Hello Eric and Richard,

Nice to see replies to my question!

Of course the Fortepiano was _the_ vehicle for van Beethoven, and would have been the most natural choice for him and for the combination with mandolin. There were at that time already enough of these instruments around in Vienna. 

The only thing however is that van Beethoven did not point out the Fortepiano as the accompanying instrument for his mandolin compositions.

Instead he specified that this - indeed equally important - role had to be played on a _Cembalo_! 


Perhaps Maestro van Beethoven wasn´t at all looking for (to quote you): "equally-matched tonally as well with a single mandolin" and (to quote Richard and you): "the sound quality produced by the fortepiano and a period mandolin have a lot in common". # #

My idea is that van Beethoven´s intent was pretty much one of creating a clear contrast between the gut-strung mandolin and the accompanying instrument. He explicitly pointed this out by writing down the word ´_Cembalo_´ in all his (survived) mandolin works. 


That van Beethoven was not the only one who did so is seen in nearly all the other Viennese compositions scored for mandolin with the accompaniment of a keyboard instrument. Most of these works specify the accompanying role for the Cembalo (Harpsichord).

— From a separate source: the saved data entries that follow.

//! Rows of two parts, as tables of bytes: the proof of a test then meets one literal and one loop, and not each row, nor
//! that a text is UTF-8; and a line of such a row in another form.

use std::alloc::{AllocError, Global};

/// The part of a row before its first bar.
pub fn before_bar(row: &[u8]) -> &[u8] {
    match row.iter().position(|byte| *byte == b'|') {
        Some(place) => &row[..place],
        None => row,
    }
}

/// The part of a row after its first bar.
pub fn after_bar(row: &[u8]) -> &[u8] {
    match row.iter().position(|byte| *byte == b'|') {
        Some(place) => &row[place + 1..],
        None => &[],
    }
}

/// A line with a space before its last byte: of a line of a usual form another form.
pub fn spaced(alloc: Global, line: &[u8]) -> Result<Vec<u8>, AllocError> {
    let mut spaced = Vec::new(alloc);
    let (front, last) = line.split_at(line.len().saturating_sub(1));
    spaced.extend_from_slice(front)?;
    spaced.push(b' ')?;
    spaced.extend_from_slice(last)?;
    Ok(spaced)
}
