// What the timetable promises: specs/ and theorems of the promises alone, and no function.
#![tactic(auto)]
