// The probes put into the rows, one after another in planning order.
#![tactic(auto)]

ghost use Rattle.std.specs.Prelude.{◌≡◌, ℕ, ◌≤◌, ◌<◌, length, get_or};
ghost use Rattle.words.specs.Refused.{shown};
ghost use Rattle.probes.specs.Table.{most_probes, rows, shortest};
ghost use Rattle.order.specs.Order.{order};
ghost use Rattle.stack.specs.FirstFit.{outcome, marked, fitted};

use grid::Grid;
use placing::place;
use words::{Answer, Refusal};

// The mark at every probe of the rest of the order.
fn mark_rest(rest: &[u32], starts: &mut [u32])
    requires { (k : ℕ) → k < length rest.now → get_or rest.now k 0 < length starts.old }
    ensures { starts.new ≡ marked rest.now starts.old }
{
    for probe in rest {
        starts[*probe as usize] = Answer::MARK;
    }
}

// First fit: every probe in planning order, over all rows.
pub fn place_all(
    grid: &Grid,
    lengths: &[u32],
    turns: &[u32],
    starts: &mut [u32],
    fills: &mut [u32],
) -> Result<(), Refusal>
    requires periods_len { (length grid.now.periods.now ≡ length lengths.now) × (length grid.now.periods.now ≤ most_probes) × (length grid.now.periods.now ≤ length starts.old) }
    requires turns_value { turns.now ≡ order grid.now.periods.now lengths.now }
    requires by_index { (i : ℕ) → i < length grid.now.periods.now → (0 < get_or lengths.now i 0) × (get_or lengths.now i 0 ≤ shortest grid.now.periods.now) }
    requires fills_len { (length fills.old ≡ rows grid.now.periods.now) × ((r : ℕ) → r < length fills.old → get_or fills.old r 0 ≡ 0) }
    ensures { outcome (shown result) starts.new fills.new ≡ fitted grid.now.periods.now lengths.now (order grid.now.periods.now lengths.now) starts.old fills.old }
{
    for (k, probe) in turns.iter().enumerate() {
        if !place(grid, lengths, *probe as usize, starts, fills) {
            mark_rest(&turns[k..], starts);
            return Err(Refusal::NoPlace(*probe));
        }
    }
    Ok(())
}
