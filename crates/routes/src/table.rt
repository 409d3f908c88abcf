//! The table of the paths, kept by a router.
ghost use Rattle.std.specs.Prelude.{◌≡◌, IfErr, IfOk};
ghost use Rattle.matchit.specs.declared.error.InsertError.TheVariants as insert;
ghost use Rattle.routes.specs.Table.{place_by, route_in, table};
ghost use Rattle.routes.specs.Paths.{place_at, place_in};
ghost use Rattle.routes.specs.Calls.{call_of};

use crate::call::{Call, NoCall, call_at};
use crate::place::{Place, Route, place_by};
use matchit::{InsertError, Router};
use std::alloc::Global;
use std::marker::Model;
use units::OutOfMemory;

/// The paths that a charging function answers.
#[derive(Drop)]
pub struct Routes {
    router: Router<Route>,
}

impl Model for Routes {
    ghost use Rattle.std.specs.Prelude.{⊤, ◌≡◌};
    ghost use Rattle.routes.specs.Table.{table};

    ghost Value = { ⊤ };

    ghost view = { λ _. tt };

    ghost invariant = { λ routes. routes.router ≡ table };
}

// No two of the routes conflict.
fn router(alloc: Global) -> Result<Router<Route>, InsertError>
    ensures table { IfOk result (λ router. router ≡ table) }
    ensures memory { IfErr result (λ why. why ≡ insert.OutOfMemory) }
{
    let mut router = Router::new(alloc);
    router.insert("/nchf-convergedcharging/v3/chargingdata", Route::Sessions)?;
    router.insert(
        "/nchf-convergedcharging/v3/chargingdata/{reference}/update",
        Route::Update,
    )?;
    router.insert(
        "/nchf-convergedcharging/v3/chargingdata/{reference}/release",
        Route::Release,
    )?;
    router.insert(
        "/nchf-spendinglimitcontrol/v1/subscriptions",
        Route::Subscriptions,
    )?;
    router.insert(
        "/nchf-spendinglimitcontrol/v1/subscriptions/{id}",
        Route::Subscription,
    )?;
    Ok(router)
}

impl Routes {
    /// The table of the five paths.
    ///
    /// # Errors
    ///
    /// Memory runs out.
    pub fn new(alloc: Global) -> Result<Routes, OutOfMemory> {
        match router(alloc) {
            Ok(router) => Ok(Routes { router }),
            Err(InsertError::OutOfMemory) => Err(OutOfMemory),
            Err(_) => unreachable!(),
        }
    }

    fn route_in(&self, path: &str) -> Option<Route>
        ensures { result ≡ route_in path.now }
    {
        match self.router.at(path) {
            Ok(found) => Some(*found.value),
            Err(_) => None,
        }
    }

    fn place_in(&self, path: &str) -> Option<Place>
        ensures { result ≡ place_in path.now }
    {
        match self.route_in(path) {
            Some(route) => Some(place_by(route, path.as_bytes())),
            None => None,
        }
    }

    /// The place that a path names; its query is read past, and nothing is decoded.
    pub fn place_at(&self, path: &str) -> Option<Place>
        ensures { result ≡ place_at path.now }
    {
        match path.split_once('?') {
            Some((before, _)) => self.place_in(before),
            None => self.place_in(path),
        }
    }

    /// The call that a method and a path are; the path is looked at first.
    ///
    /// # Errors
    ///
    /// [`NoCall::NoPath`] exactly where the path names nothing, then [`NoCall::NoMethod`] exactly where what it names does not
    /// take the method.
    pub fn call_of(&self, method: &[u8], path: &str) -> Result<Call, NoCall>
        ensures { result ≡ call_of method.now path.now }
    {
        match self.place_at(path) {
            Some(place) => match call_at(method, place) {
                Some(call) => Ok(call),
                None => Err(NoCall::NoMethod),
            },
            None => Err(NoCall::NoPath),
        }
    }
}
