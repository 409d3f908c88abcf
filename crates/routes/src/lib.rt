//! Routes: which method of which path is which call to a charging function (TS 32.291, TS 29.594; TS 29.501 on paths).
//!
//! What it promises: the call is one definition of the method and the path (`specs/Calls`, `specs/Paths`); a path that
//! names no place is told from a method that the place does not take. Only the making of the table takes memory.
//!
//! How it is kept: a router (`matchit`) has the five paths; the invariant of `Routes` says that it is `specs/Table`, and
//! `proofs/Places` that this table is the meaning of a path in words of its own.
//!
//! Where a rule goes: a further path into `specs/Paths`, `Place`, `Route` and the table, its methods into `call`.
#![tactic(auto)]

mod call;
mod place;
mod table;

pub use call::{Call, NoCall, status_of};
pub use place::Place;
pub use table::Routes;
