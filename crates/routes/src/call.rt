//! The call that a method and a path are.
ghost use Rattle.std.specs.Prelude.{◌≡◌};
ghost use Rattle.routes.specs.Calls.{by_one, call_at, status_of};

use crate::place::Place;
use units::Operation;

/// A call to a charging function.
#[derive(Clone, Copy, PartialEq, Eq, Debug)]
pub enum Call {
    /// A charging data request (TS 32.291, 5.2.2).
    Charge(Operation),
    /// A subscription to spending limits is made (TS 29.594, 4.2.2.2).
    Subscribe,
    /// A subscription gets another context (TS 29.594, 4.2.2.3).
    Modify(u32),
    /// A subscription ends (TS 29.594, 4.2.3).
    Unsubscribe(u32),
}

/// Why a method and a path are no call.
#[derive(Clone, Copy, PartialEq, Eq, Debug)]
pub enum NoCall {
    /// The path names nothing: 404.
    NoPath,
    /// What the path names does not take the method: 405.
    NoMethod,
}

// A call that one method alone makes.
fn by_one(method: &[u8], own: &[u8], call: Call) -> Option<Call>
    ensures { result ≡ by_one method.now own.now call }
{
    if method == own { Some(call) } else { None }
}

/// The call of a method at a place.
pub fn call_at(method: &[u8], place: Place) -> Option<Call>
    ensures { result ≡ call_at method.now place }
{
    match place {
        Place::Sessions => by_one(method, b"POST", Call::Charge(Operation::Create)),
        Place::Update(reference) => by_one(
            method,
            b"POST",
            Call::Charge(Operation::Update(reference)),
        ),
        Place::Release(reference) => by_one(
            method,
            b"POST",
            Call::Charge(Operation::Release(reference)),
        ),
        Place::Subscriptions => by_one(method, b"POST", Call::Subscribe),
        Place::Subscription(id) => if method == b"PUT".as_slice() {
            Some(Call::Modify(id))
        } else {
            by_one(method, b"DELETE", Call::Unsubscribe(id))
        },
    }
}

/// The status of a response to what is no call (RFC 9110, 15.5.5 and 15.5.6).
pub fn status_of(refusal: NoCall) -> u16
    ensures { result ≡ status_of refusal }
{
    match refusal {
        NoCall::NoPath => 404,
        NoCall::NoMethod => 405,
    }
}
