//! The place that a path names.
ghost use Rattle.std.specs.Prelude.{◌≡◌};
ghost use Rattle.routes.specs.Paths.{number_in, sessions, subscriptions};
ghost use Rattle.routes.specs.Table.{name_after, place_by};

use rows::{number, piece_length};

/// What a path of a charging function names (TS 32.291, 6.1.3.1; TS 29.594, 5.3.1). A name that is no number from 1 to
/// 2^32 - 1 counts as 0, which no session and no subscription has.
#[derive(Clone, Copy, PartialEq, Eq, Debug)]
pub enum Place {
    /// The collection of charging sessions.
    Sessions,
    /// The update of a session.
    Update(u32),
    /// The release of a session.
    Release(u32),
    /// The collection of subscriptions to spending limits.
    Subscriptions,
    /// A subscription.
    Subscription(u32),
}

/// A path of the table, whatever name stands in it.
#[derive(Clone, Copy, PartialEq, Eq, Debug, Drop)]
pub enum Route {
    /// The collection of charging sessions.
    Sessions,
    /// The update of a session.
    Update,
    /// The release of a session.
    Release,
    /// The collection of subscriptions to spending limits.
    Subscriptions,
    /// A subscription.
    Subscription,
}

fn number_in(name: &[u8]) -> u32
    ensures { result ≡ number_in name.now }
{
    match number(u64::from(u32::MAX), name) {
        Some(number) => number as u32,
        None => 0,
    }
}

fn name_after<'a>(collection: &str, path: &'a [u8]) -> &'a [u8]
    ensures { result.now ≡ name_after collection.now path.now }
{
    match path.get(collection.len() + 1..) {
        Some(rest) => &rest[..piece_length(b'/', rest)],
        None => b"",
    }
}

fn session_in(path: &[u8]) -> u32
    ensures { result ≡ number_in (name_after sessions path.now) }
{
    number_in(name_after("/nchf-convergedcharging/v3/chargingdata", path))
}

fn subscription_in(path: &[u8]) -> u32
    ensures { result ≡ number_in (name_after subscriptions path.now) }
{
    number_in(name_after("/nchf-spendinglimitcontrol/v1/subscriptions", path))
}

/// The place that a path of a route names.
pub fn place_by(route: Route, path: &[u8]) -> Place
    ensures { result ≡ place_by route path.now }
{
    match route {
        Route::Sessions => Place::Sessions,
        Route::Update => Place::Update(session_in(path)),
        Route::Release => Place::Release(session_in(path)),
        Route::Subscriptions => Place::Subscriptions,
        Route::Subscription => Place::Subscription(subscription_in(path)),
    }
}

Your confusion is probably caused by the fact that there are dozens of records and CD examples and hardly any recordings with a Cembalist playing the accompanying part of the van Beethoven works. Add this together with the usually misleading texts at the record sleeves and booklets, and there you are...


Best, 

Alex


PS. it goes of course without saying that _when_ a Fortepiano is chosen to perform this music, it sounds best when a period or replica is used. Especially when period or replica mandolins are used. But isn´t that what this topic is about.

----------


## RSW

Alex,

Your wrong on this one. Beethoven uses the same term for his piano sonatas throughout his life and, for example, #I seriously doubt he meant that the Appasionata should be played on the harpsichord or cembolo. Perhaps some of the others who use the term Klavier or Cembolo or Clavecin were simply trying to sell more copies (implying backward's compatability).As for Beethoven's true intentions, he was a pure musician (did he not play his violin concerto on the piano?), music can be played skillfully on a lot of unlikely instruments. In anycase, his mind was on something else (lovely J) and probably not so concerned about finger style or how one held a quill or pick. My vote is still for the most expressive option. The single strung instrument lends itself less to a sustained singing adagio (non-tremolo, non bowed or sung). It sounds dryer even with a high speed trem. Hugo d'Alton did play the c minor on the milanese type mandolin (single strung) with flowery ornamentation that was quite impressive to me on first hearing. I looked at Beethoven's manuscript and noticed that D'Alton had basically resurrected the version or variation that Beethoven himself had sketched in and crossed out in preference to the simple and original version that we have in all printed editions. I am all for jazzing music up if it needs it to 'improve' the music but I don't think it is necessary here. ?

----------


## Alex Timmerman

Ha Richard!

I hadn´t seen your post when I posted mine. Therefore I am busy editing it again with my answer to you in it.


Greetings,

Alex


PS. I will leave that message as it is and now make a new reply on your last responce.

----------


## Alex Timmerman

Hi Richard,


I don´t think that I am that wrong at all...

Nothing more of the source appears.